Records shown START
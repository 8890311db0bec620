// Why a call is refused: what several calls ask.
ghost use Rattle.std.specs.Prelude.{◌≡◌, ◌≤◌, nat_le};
ghost use Rattle.std.specs.FinMap as finmap;
ghost use Rattle.sfs_base.specs.Name.{bucket};

use super::Tree;
use sfs_base::{Kind, Name, NodeId, bucket_of};
use tree_laws::{Code, Reply};

/// How many rows a bucket of a directory holds at most.
const BUCKET_ROWS: usize = 4096;

// The reply to a call that is refused.
pub(super) fn refused(code: Code) -> Reply
    ensures { result ≡ Reply.Error code }
{
    Reply::Error { code }
}

impl Tree {
    ghost use Rattle.tree_laws.specs.Tree.{is_directory, kind_of};
    ghost use Rattle.tree_laws.specs.Verdict.{directory_fault, file_fault, node_fault, is_full};

    pub(super) fn is_directory(&self, node: NodeId) -> bool
        ensures { result ≡ is_directory self.now node.0 }
    {
        self.store.is_directory(node.0)
    }

    // A node's kind, and File for a number of no node.
    pub(super) fn kind_of(&self, node: NodeId) -> Kind
        ensures { result ≡ kind_of self.now node.0 }
    {
        match self.store.node(node.0) {
            Some(data) => data.kind,
            None => Kind::File,
        }
    }

    // Whether the name's bucket has as many rows as it may have.
    pub(super) fn is_full(&self, dir: NodeId, name: &Name) -> bool
        ensures { result ≡ is_full self.now dir.0 name.now }
    {
        match self.store.bucket(dir.0, bucket_of(name)) {
            Some(rows) => rows.len() >= BUCKET_ROWS,
            None => false,
        }
    }

    // Why a directory can't be used.
    pub(super) fn directory_fault(&self, dir: NodeId) -> Option<Code>
        ensures { result ≡ directory_fault self.now dir.0 }
    {
        if !self.is_alive(dir) {
            Some(Code::NoEntry)
        } else if !self.is_directory(dir) {
            Some(Code::NotDir)
        } else {
            None
        }
    }

    // Why a file's bytes can't be used.
    pub(super) fn file_fault(&self, file: NodeId) -> Option<Code>
        ensures { result ≡ file_fault self.now file.0 }
    {
        if !self.is_alive(file) {
            Some(Code::NoEntry)
        } else if self.is_directory(file) {
            Some(Code::IsDir)
        } else {
            None
        }
    }

    // Why a node can't be asked for.
    pub(super) fn node_fault(&self, node: NodeId) -> Option<Code>
        ensures { result ≡ node_fault self.now node.0 }
    {
        if self.is_alive(node) {
            None
        } else {
            Some(Code::NoEntry)
        }
    }
}
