// A mount: the disk is recovered, and what is kept of it is gathered for the commits to come.
ghost use Rattle.std.specs.Prelude.{◌≡◌, ◌≤◌, IfOk, IfErr, OnOk};
ghost use Rattle.sfs_dev.specs.Run.{CountsOn, EachMoment};
ghost use Rattle.sfs_dev.specs.Steps.{IfTold};
ghost use Rattle.journal_one.specs.Calls.{IsCalm};
ghost use Rattle.recovery.specs.Judging.{IsFaultOf};
ghost use Rattle.recovery.specs.Recovered.{ShowsTheSame, LeavesRefused, HoldsRecovered, RunsRecovery};
ghost use Rattle.sfs_image.specs.Super.{InRange};
ghost use Rattle.mount_begin.specs.Mounted.{IsMountOf, IsSoundMount, share_of_nodes};

use crate::entries::entries_of;
use crate::free::free_space;
use disk_nodes::OldDisk;
use fmt_super::Layout;
use recovery::{RecoverFault, Report, recover};
use sfs_dev::Disk;
use sfs_tree::Tree;
use space_map::SpaceMap;
use std::alloc::Global;

/// What a mount begins with.
#[derive(Drop)]
pub struct Mounted {
    pub layout: Layout,
    /// The tree. Each node has the number of its inode, and each core may make its share of new ones.
    pub tree: Tree,
    /// What the disk has of each node.
    pub old: OldDisk,
    /// Which blocks and inodes are free.
    pub space: SpaceMap,
}

/// Mounts a disk, in whose tree `nodes` new nodes may be made, shared among the cores, each as many, rounded
/// down: it recovers the disk and gathers what commits go by. It refuses what `recover` refuses, and leaves
/// the disk as that does; after want of memory it may be recovered.
pub fn mount<D: Disk>(alloc: Global, disk: &mut D, nodes: u32) -> Result<Mounted, RecoverFault>
    requires most { nodes ≤ 65536 }
    ensures ok { IfTold (D.view disk.old).content (λ image. IfOk result (IsMountOf nodes image)) }
    ensures bad { IfTold (D.view disk.old).content (λ image. IfErr result (IsFaultOf image)) }
    ensures sound { IfOk result (IsSoundMount nodes (D.view disk.old).size) }
    ensures moments { IfTold (D.view disk.old).content (λ image. IsCalm (D.view disk.old) → CountsOn (D.view disk.new)
        → EachMoment (D.view disk.old) (D.view disk.new) (λ _ now. ShowsTheSame now image)) }
    ensures ended { IfTold (D.view disk.old).content (λ image. IsCalm (D.view disk.old)
        → OnOk result (HoldsRecovered image (D.view disk.old) (D.view disk.new))) }
    ensures calm { IsCalm (D.view disk.old) → OnOk result (IsCalm (D.view disk.new)) }
    ensures refused { IfErr result (LeavesRefused (D.view disk.old) (D.view disk.new)) }
    ensures runs { RunsRecovery (D.view disk.old) (D.view disk.new) result }
{
    let Report {
        layout,
        mut tree,
        parts,
        closed: _,
        freed: _,
    } = recover(alloc, disk)?;
    tree.allow(share_of(nodes, &layout));
    let old = entries_of(alloc, parts)?;
    let space = free_space(alloc, &layout, &old)?;
    Ok(Mounted {
        layout,
        tree,
        old,
        space,
    })
}

// How many of so many new nodes each core may make.
fn share_of(nodes: u32, layout: &Layout) -> u32
    requires { InRange layout.now }
    ensures { result ≡ share_of_nodes nodes layout.now }
{
    nodes / layout.cores
}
Records shown END
Exercise
Copy whichever lines above contain the string "store".

Answer for this exercise
        self.store.is_directory(node.0)
        match self.store.node(node.0) {
        match self.store.bucket(dir.0, bucket_of(name)) {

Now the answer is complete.